Segment Start: Data for analysis
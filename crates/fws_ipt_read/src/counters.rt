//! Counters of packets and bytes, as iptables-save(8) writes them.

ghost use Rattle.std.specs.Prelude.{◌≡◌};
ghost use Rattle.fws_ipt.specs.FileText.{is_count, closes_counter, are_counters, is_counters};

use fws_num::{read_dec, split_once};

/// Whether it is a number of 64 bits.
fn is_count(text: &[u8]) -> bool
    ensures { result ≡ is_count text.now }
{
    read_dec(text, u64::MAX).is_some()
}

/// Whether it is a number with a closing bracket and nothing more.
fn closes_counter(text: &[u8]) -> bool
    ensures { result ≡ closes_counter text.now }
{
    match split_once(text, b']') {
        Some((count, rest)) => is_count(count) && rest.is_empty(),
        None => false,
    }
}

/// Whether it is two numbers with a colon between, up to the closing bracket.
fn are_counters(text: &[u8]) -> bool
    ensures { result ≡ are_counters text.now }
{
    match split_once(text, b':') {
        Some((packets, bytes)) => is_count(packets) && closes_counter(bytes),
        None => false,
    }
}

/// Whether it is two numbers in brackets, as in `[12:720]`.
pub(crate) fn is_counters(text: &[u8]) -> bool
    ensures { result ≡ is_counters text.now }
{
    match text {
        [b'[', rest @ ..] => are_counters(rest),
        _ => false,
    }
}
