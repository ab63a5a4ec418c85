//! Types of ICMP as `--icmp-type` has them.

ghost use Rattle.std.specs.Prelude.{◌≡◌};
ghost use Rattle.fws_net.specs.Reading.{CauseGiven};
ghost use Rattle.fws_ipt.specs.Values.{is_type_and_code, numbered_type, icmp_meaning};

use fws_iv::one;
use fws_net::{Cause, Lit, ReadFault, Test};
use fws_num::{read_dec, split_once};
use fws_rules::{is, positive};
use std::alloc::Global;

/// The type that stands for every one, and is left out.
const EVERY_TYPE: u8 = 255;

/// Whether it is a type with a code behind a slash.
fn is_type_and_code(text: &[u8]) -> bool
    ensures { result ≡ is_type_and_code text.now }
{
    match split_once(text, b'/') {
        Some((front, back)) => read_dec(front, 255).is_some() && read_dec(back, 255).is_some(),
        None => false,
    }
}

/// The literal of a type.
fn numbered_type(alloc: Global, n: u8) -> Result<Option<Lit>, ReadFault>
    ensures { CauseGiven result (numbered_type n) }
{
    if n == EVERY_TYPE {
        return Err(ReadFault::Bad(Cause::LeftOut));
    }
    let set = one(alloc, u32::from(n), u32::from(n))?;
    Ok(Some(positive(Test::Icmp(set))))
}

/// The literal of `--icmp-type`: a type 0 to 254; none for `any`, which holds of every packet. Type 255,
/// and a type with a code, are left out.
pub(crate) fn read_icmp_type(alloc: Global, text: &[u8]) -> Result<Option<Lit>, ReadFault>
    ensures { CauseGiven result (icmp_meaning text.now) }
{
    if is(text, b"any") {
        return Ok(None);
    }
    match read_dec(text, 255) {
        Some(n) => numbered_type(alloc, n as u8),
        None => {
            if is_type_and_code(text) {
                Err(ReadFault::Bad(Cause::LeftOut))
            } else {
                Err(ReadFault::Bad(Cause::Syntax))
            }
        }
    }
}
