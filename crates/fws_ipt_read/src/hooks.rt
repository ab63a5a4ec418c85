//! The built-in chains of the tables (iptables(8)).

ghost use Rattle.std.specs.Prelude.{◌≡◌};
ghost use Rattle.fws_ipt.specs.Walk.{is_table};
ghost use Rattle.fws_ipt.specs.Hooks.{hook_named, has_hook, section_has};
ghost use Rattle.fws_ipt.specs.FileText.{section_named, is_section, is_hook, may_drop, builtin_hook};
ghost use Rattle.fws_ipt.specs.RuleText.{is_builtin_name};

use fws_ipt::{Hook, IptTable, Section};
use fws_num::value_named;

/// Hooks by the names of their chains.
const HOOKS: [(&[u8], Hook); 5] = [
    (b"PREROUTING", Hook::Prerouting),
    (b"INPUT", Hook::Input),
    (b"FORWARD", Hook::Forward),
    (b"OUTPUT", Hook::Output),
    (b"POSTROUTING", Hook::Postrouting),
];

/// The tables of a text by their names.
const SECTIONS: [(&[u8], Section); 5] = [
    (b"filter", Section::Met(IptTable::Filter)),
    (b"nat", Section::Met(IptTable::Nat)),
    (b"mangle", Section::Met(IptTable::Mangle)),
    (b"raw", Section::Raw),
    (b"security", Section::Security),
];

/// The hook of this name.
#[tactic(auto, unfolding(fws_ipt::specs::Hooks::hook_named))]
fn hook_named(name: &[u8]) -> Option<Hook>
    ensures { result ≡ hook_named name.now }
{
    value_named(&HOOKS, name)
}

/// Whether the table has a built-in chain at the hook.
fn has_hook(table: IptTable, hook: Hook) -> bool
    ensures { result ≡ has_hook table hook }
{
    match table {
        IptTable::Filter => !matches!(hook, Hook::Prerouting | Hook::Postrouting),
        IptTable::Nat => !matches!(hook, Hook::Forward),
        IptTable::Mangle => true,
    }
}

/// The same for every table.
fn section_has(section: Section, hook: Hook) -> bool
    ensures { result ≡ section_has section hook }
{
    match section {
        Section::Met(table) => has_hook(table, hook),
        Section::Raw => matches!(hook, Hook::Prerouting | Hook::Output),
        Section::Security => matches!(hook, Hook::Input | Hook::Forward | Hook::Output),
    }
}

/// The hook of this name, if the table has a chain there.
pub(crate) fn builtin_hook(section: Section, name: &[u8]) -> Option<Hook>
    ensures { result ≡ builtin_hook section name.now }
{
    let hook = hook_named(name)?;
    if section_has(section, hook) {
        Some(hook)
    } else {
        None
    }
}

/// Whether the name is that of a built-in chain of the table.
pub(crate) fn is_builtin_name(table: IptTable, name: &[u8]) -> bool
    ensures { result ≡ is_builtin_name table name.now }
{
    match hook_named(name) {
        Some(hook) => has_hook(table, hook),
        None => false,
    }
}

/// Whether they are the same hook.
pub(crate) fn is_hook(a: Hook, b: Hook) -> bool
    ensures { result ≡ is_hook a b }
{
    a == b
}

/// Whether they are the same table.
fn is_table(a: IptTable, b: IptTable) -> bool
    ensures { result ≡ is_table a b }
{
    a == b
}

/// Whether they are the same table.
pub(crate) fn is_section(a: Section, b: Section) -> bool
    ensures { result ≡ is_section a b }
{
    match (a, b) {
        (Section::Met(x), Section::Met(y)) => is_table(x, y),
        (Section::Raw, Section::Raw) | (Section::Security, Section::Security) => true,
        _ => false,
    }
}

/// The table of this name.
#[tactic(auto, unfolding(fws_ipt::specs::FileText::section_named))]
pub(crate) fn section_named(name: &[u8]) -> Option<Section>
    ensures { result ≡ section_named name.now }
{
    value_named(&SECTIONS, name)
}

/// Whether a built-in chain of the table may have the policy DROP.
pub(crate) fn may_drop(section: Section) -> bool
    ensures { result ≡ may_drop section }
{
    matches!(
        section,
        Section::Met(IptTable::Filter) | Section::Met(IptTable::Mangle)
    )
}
Segment End: Data for analysis
Segment Start: Data for analysis
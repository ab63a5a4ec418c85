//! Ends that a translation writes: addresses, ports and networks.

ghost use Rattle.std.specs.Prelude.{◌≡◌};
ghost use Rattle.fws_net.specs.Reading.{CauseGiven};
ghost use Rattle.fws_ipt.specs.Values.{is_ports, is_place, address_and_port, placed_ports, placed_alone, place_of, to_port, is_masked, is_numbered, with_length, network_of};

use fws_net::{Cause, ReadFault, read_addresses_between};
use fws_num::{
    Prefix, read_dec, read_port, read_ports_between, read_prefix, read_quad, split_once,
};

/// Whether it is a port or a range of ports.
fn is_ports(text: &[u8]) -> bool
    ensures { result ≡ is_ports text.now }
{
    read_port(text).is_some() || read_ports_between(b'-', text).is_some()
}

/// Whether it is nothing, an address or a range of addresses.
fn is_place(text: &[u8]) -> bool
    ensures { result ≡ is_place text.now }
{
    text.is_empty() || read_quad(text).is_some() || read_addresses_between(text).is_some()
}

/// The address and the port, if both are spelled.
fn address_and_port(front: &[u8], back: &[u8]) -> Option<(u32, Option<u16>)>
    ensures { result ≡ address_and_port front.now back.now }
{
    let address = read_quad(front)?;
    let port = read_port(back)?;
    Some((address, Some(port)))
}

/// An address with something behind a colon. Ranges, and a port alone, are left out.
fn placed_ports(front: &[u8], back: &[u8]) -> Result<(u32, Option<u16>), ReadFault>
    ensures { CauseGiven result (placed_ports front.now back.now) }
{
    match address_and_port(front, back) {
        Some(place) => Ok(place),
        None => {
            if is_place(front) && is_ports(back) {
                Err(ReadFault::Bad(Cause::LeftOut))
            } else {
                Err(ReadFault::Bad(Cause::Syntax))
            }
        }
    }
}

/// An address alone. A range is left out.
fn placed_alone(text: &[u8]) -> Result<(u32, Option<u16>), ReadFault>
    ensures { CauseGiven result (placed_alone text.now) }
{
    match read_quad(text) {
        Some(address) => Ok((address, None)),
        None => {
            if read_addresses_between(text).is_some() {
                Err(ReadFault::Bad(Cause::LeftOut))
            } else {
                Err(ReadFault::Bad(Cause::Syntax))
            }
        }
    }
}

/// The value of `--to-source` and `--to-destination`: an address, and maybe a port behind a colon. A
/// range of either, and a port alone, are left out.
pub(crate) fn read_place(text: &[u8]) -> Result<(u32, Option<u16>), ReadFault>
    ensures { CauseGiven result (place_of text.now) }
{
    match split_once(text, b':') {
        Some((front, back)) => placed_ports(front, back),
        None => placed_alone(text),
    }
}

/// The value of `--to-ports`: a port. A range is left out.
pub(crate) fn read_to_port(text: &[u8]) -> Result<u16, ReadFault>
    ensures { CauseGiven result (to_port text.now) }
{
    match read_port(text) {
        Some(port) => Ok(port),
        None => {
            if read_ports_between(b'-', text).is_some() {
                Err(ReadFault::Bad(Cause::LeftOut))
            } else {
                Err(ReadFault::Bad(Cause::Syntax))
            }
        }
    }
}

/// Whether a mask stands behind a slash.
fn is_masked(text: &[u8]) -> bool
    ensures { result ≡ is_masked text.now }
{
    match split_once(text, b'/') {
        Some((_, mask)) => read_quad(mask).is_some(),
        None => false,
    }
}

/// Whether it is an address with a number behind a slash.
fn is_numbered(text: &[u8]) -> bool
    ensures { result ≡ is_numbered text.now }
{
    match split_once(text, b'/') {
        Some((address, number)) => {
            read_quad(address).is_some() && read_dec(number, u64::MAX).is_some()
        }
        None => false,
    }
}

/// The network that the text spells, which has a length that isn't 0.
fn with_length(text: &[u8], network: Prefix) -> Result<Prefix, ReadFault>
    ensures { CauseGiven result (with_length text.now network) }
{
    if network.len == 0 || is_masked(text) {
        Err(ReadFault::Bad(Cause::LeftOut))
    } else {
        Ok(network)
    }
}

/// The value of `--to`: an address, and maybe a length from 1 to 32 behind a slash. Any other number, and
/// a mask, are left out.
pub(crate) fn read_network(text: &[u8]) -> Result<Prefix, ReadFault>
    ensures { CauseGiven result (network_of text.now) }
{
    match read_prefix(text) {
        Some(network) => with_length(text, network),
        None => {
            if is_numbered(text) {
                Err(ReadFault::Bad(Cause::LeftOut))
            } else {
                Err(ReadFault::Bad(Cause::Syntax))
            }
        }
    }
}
Segment End: Data for analysis
• _Work task_: Count every line in the data where the string "rest" occurs. Give nothing except the number.

• _Output of the task_: 2